Help Desk Ticket Reference: https://na7.salesforce.com/500A00000045LkR project_key: SOA The issue here is: in a cluster environment, after a malfunction on JBoss (e.g. JVM crash, erroneous deployment etc) the registry remains with invalid endpoints and the ESB has an erroneous behavior by using those endpoints. Even your removeDeadEPR property is unusable, because as stated in the documentation the "the end-point reference for a service that is [...] slow to respond may, inadvertently, be removed from the registry by mistake". Since we have a cluster and to manually clean the DB is not just to drop the tables and restart the server, this is a major issue for us, because it can lead to erroneous service calls if a server node crashes.
Changed to a feature request to replace jUDDI as the registry implementation.
Investigation needed. See Kevin's comment.

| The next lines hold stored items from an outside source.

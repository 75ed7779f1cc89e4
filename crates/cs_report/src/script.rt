//! Scripts: a start, and the events to try from there.
ghost use Rattle.std.specs.Prelude.{◌≡◌, ◌≤◌, ◌++◌, length, map, IfErr, IfOk, Ok};
ghost use Rattle.cs_table.specs.Text.{lines_of};
ghost use Rattle.cs_report.specs.declared.script.TheConstants.{MAX_SCRIPT};
ghost use Rattle.cs_report.specs.Faults.{IsFaultOf, Meaning, Means, MeansPlain, PlainMeaning};
ghost use Rattle.cs_report.specs.Grammar.{IsScript};
ghost use Rattle.cs_report.specs.Script.{Denotes, lines_from, nothing, numbered_script_of};
ghost use Rattle.cs_report.specs.Script.{script_of};

use crate::partial_script::PartialScript;
use crate::script_fault::{ScriptError, ScriptFault};
use cs_civil::Sequence;
use cs_history::{Event, Script, Start};
use cs_plan::Plan;
use cs_table::text::first_line;
use std::alloc::{AllocError, Global};
use std::marker::Model;

/// The most bytes of a script: 16 MiB (this profile).
pub const MAX_SCRIPT: usize = 16_777_216;

/// A script, and the line number, from 1, of each event.
#[derive(Drop)]
pub struct NumberedScript {
    opening: Start,
    list: Sequence<(u32, Event)>,
}

impl Model for NumberedScript {
    ghost use Rattle.cs_report.specs.Script.{Numbered};

    ghost Value = { Numbered };

    ghost view = { λ a. record { start = a.opening; events = a.list } };

    ghost use Rattle.cs_history.specs.Plan.{first_start};
    ghost use Rattle.std.specs.Prelude.{◌≤◌};

    ghost invariant = { λ a. first_start ≤ a.opening.now };
}

impl NumberedScript {
    ghost use Rattle.cs_history.specs.Plan.{first_start};

    /// Returns the start.
    pub fn start(&self) -> &Start
        ensures { result.now ≡ self.now.start }
    {
        &self.opening
    }

    /// Returns the start, from 1970-01-04 00:00 on, and the events, each with its line number.
    pub fn into_parts(self) -> (Start, Sequence<(u32, Event)>)
        ensures start { result.0 ≡ self.start }
        ensures late { first_start ≤ result.0.now }
        ensures events { result.1 ≡ self.events }
    {
        let NumberedScript { opening, list } = self;
        (opening, list)
    }

    /// Returns the events, each with its line number.
    pub fn events(&self) -> &[(u32, Event)]
        ensures { result.now ≡ self.now.events }
    {
        self.list.as_slice()
    }
}

fn read_lines(alloc: Global, plan: &Plan, bytes: &[u8]) -> Result<PartialScript, ScriptError>
    requires { length bytes.now ≤ MAX_SCRIPT }
    ensures { Denotes (λ draft. draft)
        (lines_from plan.now 1 (nothing plan.now) (lines_of bytes.now)) result }
{
    let mut draft = PartialScript::new(alloc, plan);
    let mut number = 0u32;
    let mut rest = bytes;
    while !rest.is_empty() {
        let (line, after) = first_line(rest);
        number += 1;
        draft.take(plan, number, line)?;
        rest = after;
    }
    Ok(draft)
}

#[tactic(auto, unfolding(crate::specs::Script::numbered_script_of))]
fn read_numbered(alloc: Global, plan: &Plan, bytes: &[u8]) -> Result<NumberedScript, ScriptError>
    ensures { Denotes (λ script. script) (numbered_script_of plan.now bytes.now) result }
{
    if bytes.len() > MAX_SCRIPT {
        return Err(ScriptError::At {
            line: 0,
            fault: ScriptFault::TooLong,
        });
    }
    let draft = read_lines(alloc, plan, bytes)?;
    match draft.start {
        Some((minute, up)) => Ok(NumberedScript {
            opening: Start::new(minute, up, draft.days),
            list: draft.list,
        }),
        None => Err(ScriptError::At {
            line: 0,
            fault: ScriptFault::NoStart,
        }),
    }
}

/// Reads a script like [`read_script`], with the line number of each event.
pub fn read_numbered_script(
    alloc: Global,
    plan: &Plan,
    bytes: &[u8],
) -> Result<NumberedScript, ScriptError>
    // The script that is read is written in the bytes.
    ensures script { IfOk result (IsScript plan.now bytes.now) }
    // err: the first fault; `OutOfMemory` only if memory runs out
    ensures fault { IfErr result (IsFaultOf plan.now bytes.now) }
    // The bytes have no other meaning, and it is returned unless memory runs out.
    ensures only { (meaning : Meaning) → Means plan.now bytes.now meaning
        → Denotes (λ script. script) meaning result }
{
    read_numbered(alloc, plan, bytes)
}

fn events_of(alloc: Global, numbered: &[(u32, Event)]) -> Result<Sequence<Event>, AllocError>
    ensures { IfOk result (λ events. events ≡ map (λ e. e.1) numbered.now) }
{
    let mut events = Sequence::new(alloc);
    for (_, event) in numbered {
        events.push(*event)?;
    }
    Ok(events)
}

#[tactic(auto, unfolding(crate::specs::Script::script_of))]
fn read_plain(alloc: Global, plan: &Plan, bytes: &[u8]) -> Result<Script, ScriptError>
    ensures { Denotes (λ script. script) (script_of plan.now bytes.now) result }
{
    let numbered = read_numbered(alloc, plan, bytes)?;
    let NumberedScript { opening, list } = numbered;
    Ok(Script {
        start: opening,
        events: events_of(alloc, list.as_slice())?,
    })
}

/// Reads a script under the plan, or returns its first fault. The help of `replay` has the forms of
/// its lines.
///
/// In a line the faults come in the order of [`ScriptFault`]'s numbers. A line without fault where
/// the start is required is [`NoStart`](ScriptFault::NoStart).
pub fn read_script(alloc: Global, plan: &Plan, bytes: &[u8]) -> Result<Script, ScriptError>
    ensures script { IfOk result (λ script. MeansPlain plan.now bytes.now (Ok script)) }
    ensures fault { IfErr result (IsFaultOf plan.now bytes.now) }
    ensures only { (meaning : PlainMeaning) → MeansPlain plan.now bytes.now meaning
        → Denotes (λ script. script) meaning result }
{
    read_plain(alloc, plan, bytes)
}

Link: Added: This issue relates to JBESB-3629
When using jUDDI v3, it makes much more sense to use user defined keys, and have part of the binding key be the host and port name. This way the existing binding keys are simply reused rather then a new set being created when the servers come back up. Also the new jUDDI v3.1 client ships with a service cache, which is updated by a subscription (when a service or endpoints change or are removed the client caches are informed). This is using standard UDDI v3 functionality so should work with any v3 registry and makes the registry much more dynamic. This reduces the problem to removing dead endpoint information of nodes that are really gone. I would think that a 3 'strikes you're out' policy in the ServiceInvoker should do the trick, that with an optional periodic query ("am I in the registry") - if not, reregistration to bring back services that could not be seen due to for example temporary network issues. "The real solution is to have a 'service repository' that reacts dynamically to cluster members appearing/disappearing" if you have this info then you can do registration/unregistration right there.. My 2 cents. --Kurt
It is not the client behaviour that is the issue here, rather it is the missing 'dead endpoint information' of the nodes that have disappeared. The 'three strikes' doesn't work given the number of times this is raised by customers. Having an alternate implementation which can react to the topology changes is preferable. Kev
Sorry, I should clarify and say that the 'three strikes' wouldn't work given that customers are unhappy with the current implementation (possible removal after one).